Aq algorithm realizes a form of supervised learning. Given a set of positive events (examples) P, a set of negative events N, and a quality measure Q, the algorithm generates a cover C consisting of complexes, that is, conjunctions of attributional conditions, that cover all events from P and no events from N.

Top Articles
Sous Vide Yogurt
Strudel Dough
ARK Survival Ascended Floating Turret Tower Build Guide
F2Movies.fc
Https //Paperlesspay.talx.com/Gpi
Discover the Hidden Gems of Greenbush MI: A Charming Lakeside Retreat - 200smichigan.com (UPDATE 👍)
Large Storage Unit Nyt Crossword
Chubbs Canton Il
Bailu Game8
Nextdoor Myvidster
What is 2/3 as a decimal? (Convert 2/3 to decimal)
Who Is Denise Richards' Husband?
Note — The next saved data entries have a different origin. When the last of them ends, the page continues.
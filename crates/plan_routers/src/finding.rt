//! The rows that calls name.

ghost use Rattle.std.specs.Prelude.{◌≡◌, IfErr, IfOk, None, Some};
ghost use Rattle.api_types.specs.Consistent.{IsConsistent};
ghost use Rattle.api_types.specs.Ident.{ident_text};
ghost use Rattle.api_types.specs.Refusing as refusing;
ghost use Rattle.api_types.specs.declared.kind.Kind.TheVariants.{Port as PortKind, Router as RouterKind, Subnet as SubnetKind};
ghost use Rattle.api_policy.specs.Seen as seen;
ghost use Rattle.call_parts.specs.Answers.{IsOrMemory};

use api_policy::{port_seen, router_seen, subnet_seen};
use api_types::{Id, IdText, Kind, PortRow, Refusal, RouterRow, SubnetRow};
use call_parts::{Asking, none_with_id, not_found};
use std::alloc::Global;

/// The router with this id that the caller sees. Constant time.
pub(crate) fn find_router<'r>(
    alloc: Global,
    asking: &Asking<'r>,
    name: &IdText,
) -> Result<&'r RouterRow, Refusal>
    ensures found { IfOk result
        (λ router. seen.router_seen asking.now.state.rows asking.now.caller name.now.id
        ≡ Some router.now) }
    ensures missing { IfErr result
        (λ e. seen.router_seen asking.now.state.rows asking.now.caller name.now.id ≡ None) }
    ensures refusal { IfErr result (IsOrMemory (refusing.not_found RouterKind name.now.text)) }
    ensures consistent { IsConsistent asking.now.state.rows }
{
    match router_seen(asking.rows(), asking.caller(), name.id) {
        Some(router) => Ok(router),
        None => Err(not_found(alloc, Kind::Router, &name.text)),
    }
}

/// The subnet with this id that the caller sees. Its cost grows with the policies.
pub(crate) fn find_subnet<'r>(
    alloc: Global,
    asking: &Asking<'r>,
    id: Id,
) -> Result<&'r SubnetRow, Refusal>
    ensures found { IfOk result
        (λ subnet. seen.subnet_seen asking.now.state.rows asking.now.caller (Some id)
        ≡ Some subnet.now) }
    ensures missing { IfErr result
        (λ e. seen.subnet_seen asking.now.state.rows asking.now.caller (Some id) ≡ None) }
    ensures refusal { IfErr result (IsOrMemory (refusing.not_found SubnetKind (ident_text id))) }
{
    match subnet_seen(asking.rows(), asking.caller(), Some(id)) {
        Some(subnet) => Ok(subnet),
        None => Err(none_with_id(alloc, Kind::Subnet, Some(id))),
    }
}

/// The port with this id that the caller sees. Constant time.
pub(crate) fn find_port<'r>(
    alloc: Global,
    asking: &Asking<'r>,
    id: Id,
) -> Result<&'r PortRow, Refusal>
    ensures found { IfOk result
        (λ port. seen.port_seen asking.now.state.rows asking.now.caller (Some id)
        ≡ Some port.now) }
    ensures missing { IfErr result
        (λ e. seen.port_seen asking.now.state.rows asking.now.caller (Some id) ≡ None) }
    ensures refusal { IfErr result (IsOrMemory (refusing.not_found PortKind (ident_text id))) }
{
    match port_seen(asking.rows(), asking.caller(), Some(id)) {
        Some(port) => Ok(port),
        None => Err(none_with_id(alloc, Kind::Port, Some(id))),
    }
}
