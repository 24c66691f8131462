//! What is answered where an interface is added or removed.

ghost use Rattle.std.specs.Prelude.{◌≡◌, ◌∷◌, ◌++◌, [], IfOk, OnOk, map};
ghost use Rattle.api_policy.specs.Trees.{id_word, list_of};
ghost use Rattle.api_types.specs.Printed.{member_of, shown_row, tree_of, word};
ghost use Rattle.plan_routers.specs.InterfaceCalls.{interface_members};
ghost use Rattle.plan_routers.specs.InterfaceCalls as interface_calls;

use api_types::{Id, Kind, MemberName, Members, PortRow, Printed, RouterRow, Shown};
use call_parts::Draft;
use net_addr::{Copies, OutOfMemory, Seq, Text};
use std::alloc::Global;

/// An interface that a call adds or removes, as it is shown, with the rows and the change that lead
/// there.
#[derive(Drop)]
pub struct PlannedInterface {
    pub draft: Draft,
    pub shown: Shown,
}

fn push(members: &mut Members, name: &'static str, value: Printed) -> Result<(), OutOfMemory>
    ensures { OnOk result
        (map member_of members.new ≡ map member_of members.old ++ (name.now, tree_of value) ∷ []) }
{
    members.push((MemberName::of(name), value))
}

fn push_id(members: &mut Members, name: &'static str, id: Id) -> Result<(), OutOfMemory>
    ensures { OnOk result
        (map member_of members.new ≡ map member_of members.old ++ (name.now, id_word id) ∷ []) }
{
    push(members, name, Printed::Id(id))
}

fn push_text(
    alloc: Global,
    members: &mut Members,
    name: &'static str,
    text: &Text,
) -> Result<(), OutOfMemory>
    ensures { OnOk result
        (map member_of members.new ≡ map member_of members.old ++ (name.now, word text.now) ∷ []) }
{
    push(members, name, Printed::Word(text.copy(alloc)?))
}

fn push_one(
    alloc: Global,
    members: &mut Members,
    name: &'static str,
    id: Id,
) -> Result<(), OutOfMemory>
    ensures { OnOk result
        (map member_of members.new
        ≡ map member_of members.old ++ (name.now, list_of id_word (id ∷ [])) ∷ []) }
{
    let mut items = Vec::new(alloc);
    items.push(Printed::Id(id))?;
    push(members, name, Printed::Items(items))
}

fn members_of(
    alloc: Global,
    router: &RouterRow,
    port: &PortRow,
    subnet: Id,
) -> Result<Members, OutOfMemory>
    ensures { IfOk result (λ m. map member_of m ≡ interface_members router.now port.now subnet) }
{
    let mut members = Seq::new(alloc);
    push_id(&mut members, "id", router.id)?;
    push_id(&mut members, "network_id", port.network)?;
    push_id(&mut members, "port_id", port.id)?;
    push_text(alloc, &mut members, "project_id", &port.project)?;
    push_id(&mut members, "subnet_id", subnet)?;
    push_one(alloc, &mut members, "subnet_ids", subnet)?;
    push_text(alloc, &mut members, "tenant_id", &port.project)?;
    Ok(members)
}

/// The router, its interface and that one's subnet, as they are shown.
pub(crate) fn interface_shown(
    alloc: Global,
    router: &RouterRow,
    port: &PortRow,
    subnet: Id,
) -> Result<Shown, OutOfMemory>
    ensures { IfOk result (λ s. shown_row s
        ≡ interface_calls.interface_shown router.now port.now subnet) }
{
    Ok(Shown {
        kind: Kind::Router,
        members: members_of(alloc, router, port, subnet)?,
    })
}
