//! What calls on routers and their interfaces come to.
//!
//! It stands on the rows of `api_types`, on what calls are made of in `call_parts`, on the rules,
//! quotas and uses of `api_policy`, on the choice of addresses of `api_ipam`, on the hosts of
//! `api_ml2` and on what `api_router` asks of a router's ports. `create_router`, `update_router` and
//! `delete_router` give a draft, which holds the rows that a call leads to and the change that leads
//! there, or the refusal that the definitions in specs/ name; `add_interface` and
//! `remove_interface` give their answer beside it. A gateway's port comes and goes with it.
#![tactic(auto)]

mod adding;
mod creation;
mod deletion;
mod drawing;
mod finding;
mod gateways;
mod laws;
mod outer;
mod removal;
mod rows;
mod rules;
mod service;
mod shown;
mod update;

pub use adding::add_interface;
pub use creation::create_router;
pub use deletion::delete_router;
pub use laws::{
    interface_calls_keep, interface_calls_spare_others, interface_calls_stay_apart,
    router_calls_keep, router_calls_spare_others, router_calls_stay_apart,
};
pub use removal::remove_interface;
pub use shown::PlannedInterface;
pub use update::update_router;
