//! The laws of calls on routers and their interfaces.
ghost use Rattle.net_settings.specs.Settings.{SettingsParts};
ghost use Rattle.api_types.specs.declared.call.Call.TheVariants.{Create, Update, Delete, AddInterface, RemoveInterface};
ghost use Rattle.api_types.specs.declared.call.IdText.{IdText};
ghost use Rattle.api_types.specs.declared.call.InterfaceBy.{InterfaceBy};
ghost use Rattle.api_types.specs.declared.form.RouterForm.{RouterForm};
ghost use Rattle.api_types.specs.declared.form.Form.TheVariants as form_of;
ghost use Rattle.api_types.specs.declared.kind.Kind.TheVariants.{Router};
ghost use Rattle.kept_laws.specs.Kept.{KeepsCall};
ghost use Rattle.apart_laws.specs.Alike.{KeepsCallApart};
ghost use Rattle.apart_laws.specs.Others.{SparesOthers};
ghost use Rattle.plan_routers.specs.RouterCalls.{router_created, router_updated, router_deleted};
ghost use Rattle.plan_routers.specs.InterfaceCalls.{interface_added, interface_removed};

/// Accepted calls on routers keep rows.
pub fn router_calls_keep()
    ensures created { (settings : SettingsParts) (form : RouterForm)
        → KeepsCall settings (Create (form_of.Router form))
        (λ state caller. router_created settings state caller form) }
    ensures updated { (settings : SettingsParts) (name : IdText) (form : RouterForm)
        → KeepsCall settings (Update name (form_of.Router form))
        (λ state caller. router_updated settings state caller name form) }
    ensures deleted { (settings : SettingsParts) (name : IdText)
        → KeepsCall settings (Delete Router name)
        (λ state caller. router_deleted state caller name) }
{}

/// What a tenant is told of calls on routers depends on its footing alone.
pub fn router_calls_stay_apart()
    ensures created { (settings : SettingsParts) (form : RouterForm)
        → KeepsCallApart settings (λ state caller. router_created settings state caller form) }
    ensures updated { (settings : SettingsParts) (name : IdText) (form : RouterForm)
        → KeepsCallApart settings (λ state caller. router_updated settings state caller name form) }
    ensures deleted { (settings : SettingsParts) (name : IdText)
        → KeepsCallApart settings (λ state caller. router_deleted state caller name) }
{}

/// A tenant's accepted calls on routers leave what others own alone.
pub fn router_calls_spare_others()
    ensures created { (settings : SettingsParts) (form : RouterForm)
        → SparesOthers (λ state caller. router_created settings state caller form) }
    ensures updated { (settings : SettingsParts) (name : IdText) (form : RouterForm)
        → SparesOthers (λ state caller. router_updated settings state caller name form) }
    ensures deleted { (name : IdText)
        → SparesOthers (λ state caller. router_deleted state caller name) }
{}

/// Accepted calls on interfaces of routers keep rows.
pub fn interface_calls_keep()
    ensures added { (settings : SettingsParts) (name : IdText) (by : InterfaceBy)
        → KeepsCall settings (AddInterface name by)
        (λ state caller. interface_added settings state caller name by) }
    ensures removed { (settings : SettingsParts) (name : IdText) (by : InterfaceBy)
        → KeepsCall settings (RemoveInterface name by)
        (λ state caller. interface_removed state caller name by) }
{}

/// What a tenant is told of calls on interfaces of routers depends on its footing alone.
pub fn interface_calls_stay_apart()
    ensures added { (settings : SettingsParts) (name : IdText) (by : InterfaceBy)
        → KeepsCallApart settings (λ state caller. interface_added settings state caller name by) }
    ensures removed { (settings : SettingsParts) (name : IdText) (by : InterfaceBy)
        → KeepsCallApart settings (λ state caller. interface_removed state caller name by) }
{}

/// A tenant's accepted calls on interfaces of routers leave what others own alone.
pub fn interface_calls_spare_others()
    ensures added { (settings : SettingsParts) (name : IdText) (by : InterfaceBy)
        → SparesOthers (λ state caller. interface_added settings state caller name by) }
    ensures removed { (name : IdText) (by : InterfaceBy)
        → SparesOthers (λ state caller. interface_removed state caller name by) }
{}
All About Aaron Phypers
Pachuvum Athbutha Vilakkum Movie Download Telegram Link
Stepmom Full Video Hd
Shoulder Ride Deviantart
Craigslist Siloam Springs
2887 Royce Road Varysburg Ny 14167
Rooms For Rent Portland Oregon Craigslist
Ksat Doppler Radar
Bx11
18002226885
Naval Academy Baseball Roster
Tbom Genesis Retail Phone Number
Brooklyn Pizzeria Gulfport Menu
Contoured Fowl Feather Wow
Kaelis Dahlias
Black Boobs Oiled
Roundpoint Mortgage Mortgagee Clause
Карта слов и выражений английского языка
Importing Songs into Clone Hero: A Comprehensive Tutorial
2621 Lord Baltimore Drive
Brett Cooper Wikifeet
Sotyktu Pronounce
Boone County Sheriff 700 Report
Tamara Lapman
Cornerstone Okta T Mobile
Walmart Tune Up Near Me
Actionman23
Top French Cities - Saint-Etienne at a glance
Rachel Pizzolato Age, Height, Wiki, Net Worth, Measurement
Snyder Funeral Homes ♥ Tending to Hearts. ♥ Family-owned ...
Fuzz Bugs Factory Hop Halloween
Craigslist Cars Merced Ca
New York Rangers Hfboards
Skip Da Games.com
Cnas Breadth Requirements
Extraordinary Life: He Was A Feminist, Concerned With Power And Privilege
What to Know About Ophidiophobia (Fear of Snakes)
Welcome to Predator Masters -- Hunting the Hunters
Play Jelly Collapse Game: Free Online Colorful Tile Matching Breaker Video Game for Kids & Adults
Sc4 Basketball
Bòlèt New York Soir
Latest Posts
Article information

Author: Horacio Brakus JD

Last Updated:

Views: 6341

Rating: 4 / 5 (51 voted)

Reviews: 90% of readers found this page helpful

Author information

Name: Horacio Brakus JD

Birthday: 1999-08-21

Address: Apt. 524 43384 Minnie Prairie, South Edda, MA 62804

Phone: +5931039998219

Job: Sales Strategist

Hobby: Sculling, Kitesurfing, Orienteering, Painting, Computer programming, Creative writing, Scuba diving

Introduction: My name is Horacio Brakus JD, I am a lively, splendid, jolly, vivacious, vast, cheerful, agreeable person who loves writing and wants to share my knowledge and understanding with you.